DashClaw is a GitHub project designed to serve as a governance layer for AI agents. Its core functionality revolves around intercepting actions initiated by AI agents, allowing for policy enforcement, human approval, and comprehensive auditing. The system is built to sit between agents and external systems, evaluating each potentially risky action before execution.
Key features include the ability to block, warn, or hold actions for approval based on defined policies. It supports identity verification for agents using JWKS-verified OIDC bearer tokens, offering cryptographic attribution and replay protection. Declarative policies can be implemented to manage risk thresholds, deployment gates, capability access, and semantic checks. For actions requiring human oversight, DashClaw routes approval requests to a dashboard, CLI inbox, mobile PWA, Telegram, or Discord.

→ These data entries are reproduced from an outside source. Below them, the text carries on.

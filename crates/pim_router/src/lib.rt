//! The router: it takes events and sends packets, exactly as the specification (pim_model) says.
#![tactic(auto)]

mod plane;
mod probes;
pub mod router;

pub use pim_mfc::{Offered, OffloadRow};
pub use pim_rows::{Row, Table};
pub use pim_shown::{Link, Neighbour, RpfCause, SourceTree, Tree};
pub use pim_worlds::RestoreRefusal;
pub use router::Router;
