// What subgraphs and nodes share: the rows of a box, the room for a label in it, and whether glyphs make ink.
ghost use Rattle.std.specs.Prelude.{◌≡◌, ◌&&◌, leb};
ghost use Rattle.rows.specs.Computed.{window_rows};
ghost use Rattle.frame.specs.Frames.{label_room, fitting_part};
ghost use Rattle.frame.specs.Computed.{box_rows, any_ink};

use rows::{Rows, Window};

// Whether two numbers are each at least so much.
pub fn at_least(a: u32, least_a: u32, b: u32, least_b: u32) -> bool
    ensures { result ≡ leb least_a a && leb least_b b }
{
    if least_a <= a { least_b <= b } else { false }
}

// A row alone.
pub fn row_at(window: Window, y: u32) -> Option<Rows>
    ensures { result ≡ window_rows window y y }
{
    let row = ground::number(y);
    window.clip(row, row)
}

// The rows of a box, so many from y on.
pub fn box_rows(window: Window, y: u32, height: u32) -> Option<Rows>
    ensures { result ≡ box_rows window y height }
{
    let first = ground::number(y);
    window.clip(first, ground::minus(first + ground::number(height), 1))
}

// "max(width,4) − 4 columns"
pub fn label_room(width: u32) -> usize
    ensures { result ≡ label_room width }
{
    ground::max(ground::number(width), 4) - 4
}

// "The fitting part is the longest prefix of at most max(width,4) − 4 columns": of a label in a box so wide.
pub fn fitting_part<'a, 'b>(ranges: &'b [u32], width: u32, label: &'a [u32]) -> &'a [u32]
    ensures { result.now ≡ fitting_part ranges.now width label.now }
{
    glyph::fit_prefix(label, ranges, label_room(width))
}

// Whether some glyph has width 1 or 2.
pub fn any_ink(ranges: &[u32], glyphs: &[u32]) -> bool
    ensures { result ≡ any_ink ranges.now glyphs.now }
{
    for glyph in glyphs {
        if 0 < glyph::char_width(ranges, *glyph) {
            return true;
        }
    }
    false
}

Every agent action processed by DashClaw generates a replayable decision record, detailing the agent's goal, reasoning, risk score, matched policies, assumptions, and evidence. The system also ensures that terminal outcomes are durable and prevents double execution from retried agents. Furthermore, it offers a capability registry to wrap HTTP APIs with per-agent access rules, rate limits, and audit trails. DashClaw integrates with various agent runtimes and frameworks, such as Claude Code, Codex, Hermes Agent, OpenClaw, LangChain, CrewAI, AutoGen, LangGraph, and OpenAI Agents SDK.